| Task instructions |
Only an exact copy of the records below will serve as the answer.

| Listed records |

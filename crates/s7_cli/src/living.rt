//! A live run: from a program and what the workers are to make to a controller with its history.
ghost use Rattle.std.specs.Prelude.{◌≡◌, ◌+◌, ◌<◌, ◌≤◌, ◌∷◌, true, false, is_ok, length, map, All, IfOk};
ghost use Rattle.controller.specs.Recording.{Recording};
ghost use Rattle.event_text.specs.Regular.{IsRegular};
ghost use Rattle.event_text.specs.Texts.{steps_in};
ghost use Rattle.tracked_lock.specs.Passes.{missing_number_count};
ghost use Rattle.station.specs.Closing.{IsGivenBack};
ghost use Rattle.station.specs.Openings.{the_opening};
ghost use Rattle.station.specs.declared.shared.TheConstants.{FULL};
ghost use Rattle.s7_cli.specs.Living.{AreRegularBy, IsFullNever, IsLive, total_length};
ghost use Rattle.s7_cli.specs.run_text.Behind.{program_of_recording};

use crate::working::work;
use controller::Controller;
use image_file::Loaded;
use plc_base::NoMemory;
use plc_io::Gate;
use station::{Pass, Shared, Station, StationFault};
use std::alloc::{AllocError, Global};
use std::sync::Wait;
use std::thread::Threads;
use var_access::Entry;

/// The controller of a station, once all workers have ended. The station is closed before the
/// refusal is looked at: only the whole history says that it isn't full.
pub(crate) fn controller_at_end(
    station: Station,
    pass: Pass<Shared>,
    outcome: Result<(), StationFault>,
) -> Result<Controller, NoMemory>
    requires station { (pass.lock ≡ station) × (pass.out ≡ false) }
    requires all { missing_number_count station.passes pass.made ≡ 0 }
    requires room { (c : Recording) → IsGivenBack (the_opening station.origin) c pass
        → IsFullNever outcome }
    ensures { IfOk result (λ c. IsGivenBack (the_opening station.origin) c pass
        × (is_ok outcome ≡ true)) }
{
    let Ok(controller) = station.close(pass) else {
        unreachable!()
    };
    match outcome {
        Ok(()) => Ok(controller),
        Err(StationFault::NoMemory) => Err(AllocError),
        Err(StationFault::Full) => unreachable!(),
    }
}

/// Lets a stepper, a feeder and an operator for each script work beside each other on a program,
/// and gives the controller with the history that they made.
///
/// # Errors
///
/// `NoMemory` for want of memory.
pub(crate) fn live_run<R: Threads + Wait + Sync, G: Gate + Sync>(
    rt: &R,
    alloc: Global,
    program: Loaded,
    steps: u32,
    stimuli: &[Entry],
    scripts: &[Vec<Entry>],
    gate: &G,
) -> Result<Controller, NoMemory>
    requires some { (0 < length scripts.now) × (length scripts.now ≤ 4) }
    requires few { steps + length stimuli.now
        + total_length (map (λ v. v.items) scripts.now) < FULL }
    requires entries { AreRegularBy 2 (stimuli.now ∷ map (λ v. v.items) scripts.now) }
    ensures program { IfOk result (λ c. program_of_recording c ≡ program) }
    ensures live { IfOk result (λ c. IsLive program steps stimuli.now
        (map (λ v. v.items) scripts.now) c.history) }
    ensures regular { IfOk result (λ c. All IsRegular c.history) }
    ensures steps { IfOk result (λ c. steps_in c.history ≤ steps) }
{
    let controller = Controller::new(alloc, program)?;
    let (station, passes) = Station::start(alloc, controller, scripts.len() as u8 + 2)?;
    let (pass, outcome) = work(rt, &station, passes, steps, stimuli, scripts, gate);
    controller_at_end(station, pass, outcome)
}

| Task output |
filename crates/s7_cli/src/living.rt
//! A live run: from a program and what the workers are to make to a controller with its history.
ghost use Rattle.std.specs.Prelude.{◌≡◌, ◌+◌, ◌<◌, ◌≤◌, ◌∷◌, true, false, is_ok, length, map, All, IfOk};
ghost use Rattle.controller.specs.Recording.{Recording};
ghost use Rattle.event_text.specs.Regular.{IsRegular};
ghost use Rattle.event_text.specs.Texts.{steps_in};
ghost use Rattle.tracked_lock.specs.Passes.{missing_number_count};
ghost use Rattle.station.specs.Closing.{IsGivenBack};
ghost use Rattle.station.specs.Openings.{the_opening};
ghost use Rattle.station.specs.declared.shared.TheConstants.{FULL};
ghost use Rattle.s7_cli.specs.Living.{AreRegularBy, IsFullNever, IsLive, total_length};
ghost use Rattle.s7_cli.specs.run_text.Behind.{program_of_recording};

use crate::working::work;
use controller::Controller;
use image_file::Loaded;
use plc_base::NoMemory;
use plc_io::Gate;
use station::{Pass, Shared, Station, StationFault};
use std::alloc::{AllocError, Global};
use std::sync::Wait;
use std::thread::Threads;
use var_access::Entry;

/// The controller of a station, once all workers have ended. The station is closed before the
/// refusal is looked at: only the whole history says that it isn't full.
pub(crate) fn controller_at_end(
    station: Station,
    pass: Pass<Shared>,
    outcome: Result<(), StationFault>,
) -> Result<Controller, NoMemory>
    requires station { (pass.lock ≡ station) × (pass.out ≡ false) }
    requires all { missing_number_count station.passes pass.made ≡ 0 }
    requires room { (c : Recording) → IsGivenBack (the_opening station.origin) c pass
        → IsFullNever outcome }
    ensures { IfOk result (λ c. IsGivenBack (the_opening station.origin) c pass
        × (is_ok outcome ≡ true)) }
{
    let Ok(controller) = station.close(pass) else {
        unreachable!()
    };
    match outcome {
        Ok(()) => Ok(controller),
        Err(StationFault::NoMemory) => Err(AllocError),
        Err(StationFault::Full) => unreachable!(),
    }
}

/// Lets a stepper, a feeder and an operator for each script work beside each other on a program,
/// and gives the controller with the history that they made.
///
/// # Errors
///
/// `NoMemory` for want of memory.
pub(crate) fn live_run<R: Threads + Wait + Sync, G: Gate + Sync>(
    rt: &R,
    alloc: Global,
    program: Loaded,
    steps: u32,
    stimuli: &[Entry],
    scripts: &[Vec<Entry>],
    gate: &G,
) -> Result<Controller, NoMemory>
    requires some { (0 < length scripts.now) × (length scripts.now ≤ 4) }
    requires few { steps + length stimuli.now
        + total_length (map (λ v. v.items) scripts.now) < FULL }
    requires entries { AreRegularBy 2 (stimuli.now ∷ map (λ v. v.items) scripts.now) }
    ensures program { IfOk result (λ c. program_of_recording c ≡ program) }
    ensures live { IfOk result (λ c. IsLive program steps stimuli.now
        (map (λ v. v.items) scripts.now) c.history) }
    ensures regular { IfOk result (λ c. All IsRegular c.history) }
    ensures steps { IfOk result (λ c. steps_in c.history ≤ steps) }
{
    let controller = Controller::new(alloc, program)?;
    let (station, passes) = Station::start(alloc, controller, scripts.len() as u8 + 2)?;
    let (pass, outcome) = work(rt, &station, passes, steps, stimuli, scripts, gate);
    controller_at_end(station, pass, outcome)
}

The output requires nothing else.